Title: ZOOM TALK (password the smallest prime > 100) - Towards Intrinsically Low-Dimensional Models in Wasserstein Space: Geometry, Statistics, and Learning

Date: 02/02/2023

Time: 2:30 PM - 3:30 PM

Place: C304 Wells Hall

Contact: Mark A Iwen ()

We consider the problems of efficient modeling and representation learning for probability distributions in Wasserstein space. We consider a general barycentric coding model in which data are represented as Wasserstein-2 (W2) barycenters of a set of fixed reference measures. Leveraging the Riemannian structure of W2-space, we develop a tractable optimization program to learn the barycentric coordinates when given access to the densities of the underlying measures.
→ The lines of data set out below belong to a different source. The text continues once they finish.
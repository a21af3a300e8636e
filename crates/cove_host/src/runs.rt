//! The checks of runs of pages that calls share.

ghost use Rattle.std.specs.Prelude.{◌≡◌, ◌+◌, ◌/◌, ◌≤◌, OnOk};
ghost use Rattle.cove_base.specs.Unchanged.{Unchanged};
ghost use Rattle.cove_base.specs.declared.limits.TheConstants.{RANGE_LIMIT};
ghost use Rattle.cove_tvm.specs.Called.{IsReady};
ghost use Rattle.cove_host.specs.Checked.{checked};
ghost use Rattle.cove_model.specs.Checks.{AllHost};
ghost use Rattle.cove_model.specs.Refusals.{Count};
ghost use Rattle.cove_model.specs.States.{State};
ghost use Rattle.cove_tvm.specs.Stands.{Stands};

use crate::checks::check;
use crate::pages::pages_from;
use cove_base::{RANGE_LIMIT, Reply, Status, Words};
use cove_tvm::Ground;

/// A call may name so many pages.
pub(crate) fn counted(n: u64) -> Result<(), Reply>
    ensures told { result ≡ checked (Count n) }
    ensures within { OnOk result ((1 ≤ n) × (n ≤ RANGE_LIMIT)) }
{
    check(n == 0 || n > RANGE_LIMIT, Status::InvalidParam)
}

/// Every page is the host's.
pub(crate) fn all_host<W: Words>(w: &mut W, g: &Ground, base: u64, n: u64) -> Result<(), Reply>
    requires ready { IsReady (W.words w.old) g.now }
    requires inside { base / 4096 + n ≤ g.now.pages }
    ensures told { (S : State) → Stands (W.words w.old) g.now S → result ≡ checked (AllHost S base n) }
    ensures unchanged { Unchanged W.words W.clean W.guard w.old w.new }
{
    check(
        !cove_owner::all_host(w, pages_from(base, n)),
        Status::InvalidAddress,
    )
}
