//! The creation of TVMs.

ghost use Rattle.std.specs.Prelude.{◌≡◌, ◌<◌, ℕ};
ghost use Rattle.cove_base.specs.Measurement.{board_number};
ghost use Rattle.cove_base.specs.Unchanged.{Unchanged};
ghost use Rattle.cove_base.specs.declared.calls.HostCall.TheVariants.{Create};
ghost use Rattle.cove_tvm.specs.Called.{Called, IsReady};
ghost use Rattle.cove_host.specs.Checked.{all_checked};
ghost use Rattle.cove_model.specs.HostCalls.{rule};
ghost use Rattle.cove_model.specs.LawfulStores.{AllowsLawful};
ghost use Rattle.cove_model.specs.States.{State};
ghost use Rattle.cove_tvm.specs.Stands.{Stands};

use crate::checks::{aligned, free, inside, room_for_tvm, root_aligned, state_apart};
use crate::pages::{give, page_of};
use cove_base::{HartId, Reply, Role, Status, Words, mode_of};
use cove_tvm::Ground;

/// Creates a TVM, with the four pages from the byte address `root` on, less its remainder, as the root of its tables, which are
/// Sv39x4 for the remainder 0 and Sv48x4 for 1, and the page at the byte address `state` as its state page; and measures the board.
/// Answers its number.
pub fn create_tvm<W: Words>(w: &mut W, g: &mut Ground, h: HartId, root: u64, state: u64) -> Reply
    requires ready { IsReady (W.words w.old) g.old }
    requires on_board { h.0 < g.old.harts }
    requires allowed { AllowsLawful (W.allows (W.guard w.old)) g.old.pages g.old.harts h.0 (W.words w.old) }
    ensures called { Called h.0 (λ S. rule S h.0 (Create root state)) (W.words w.old) (W.words w.new) g.old g.new result }
    ensures guard { W.guard w.new ≡ W.guard w.old }
{
    match creatable(w, g, root, state) {
        Err(reply) => reply,
        Ok(()) => {
            let board = board_number(g.pages, g.harts, g.filecount);
            let t = g
                .tvms
                .create(page_of(root), mode_of(root), page_of(state), board);
            give(w, root, 4, t, Role::Root);
            give(w, state, 1, t, Role::State);
            Reply {
                status: Status::Success,
                value: u64::from(t.0),
            }
        }
    }
}

// The size of a board, as its record has it.
fn board_number(pages: u32, harts: u8, files: u8) -> u64
    ensures { result ≡ board_number pages harts files }
{
    u64::from(pages) + 65536 * u64::from(harts) + 16777216 * u64::from(files)
}

// The checks of the call, in the order of its rule.
fn creatable<W: Words>(w: &mut W, g: &Ground, root: u64, state: u64) -> Result<(), Reply>
    requires ready { IsReady (W.words w.old) g.now }
    ensures told { (hart : ℕ) (S : State) → Stands (W.words w.old) g.now S
        → result ≡ all_checked (rule S hart (Create root state)).checks }
    ensures unchanged { Unchanged W.words W.clean W.guard w.old w.new }
{
    room_for_tvm(g)?;
    root_aligned(root)?;
    aligned(state)?;
    inside(g, root, 4)?;
    inside(g, state, 1)?;
    state_apart(root, state)?;
    free(w, g, root, 4)?;
    free(w, g, state, 1)
}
We provide a consistent statistical procedure for learning these coordinates when the measures are accessed only by i.i.d. samples. Our consistency results and algorithms exploit entropic regularization of the optimal transport problem, thereby allowing our barycentric modeling approach to scale efficiently. We also consider the problem of learning reference measures given observed data. Our regularized approach to dictionary learning in Wasserstein space addresses core problems of ill-posedness and in practice learns interpretable dictionary elements and coefficients useful for downstream tasks. Applications to image and natural language processing will be shown throughout the talk.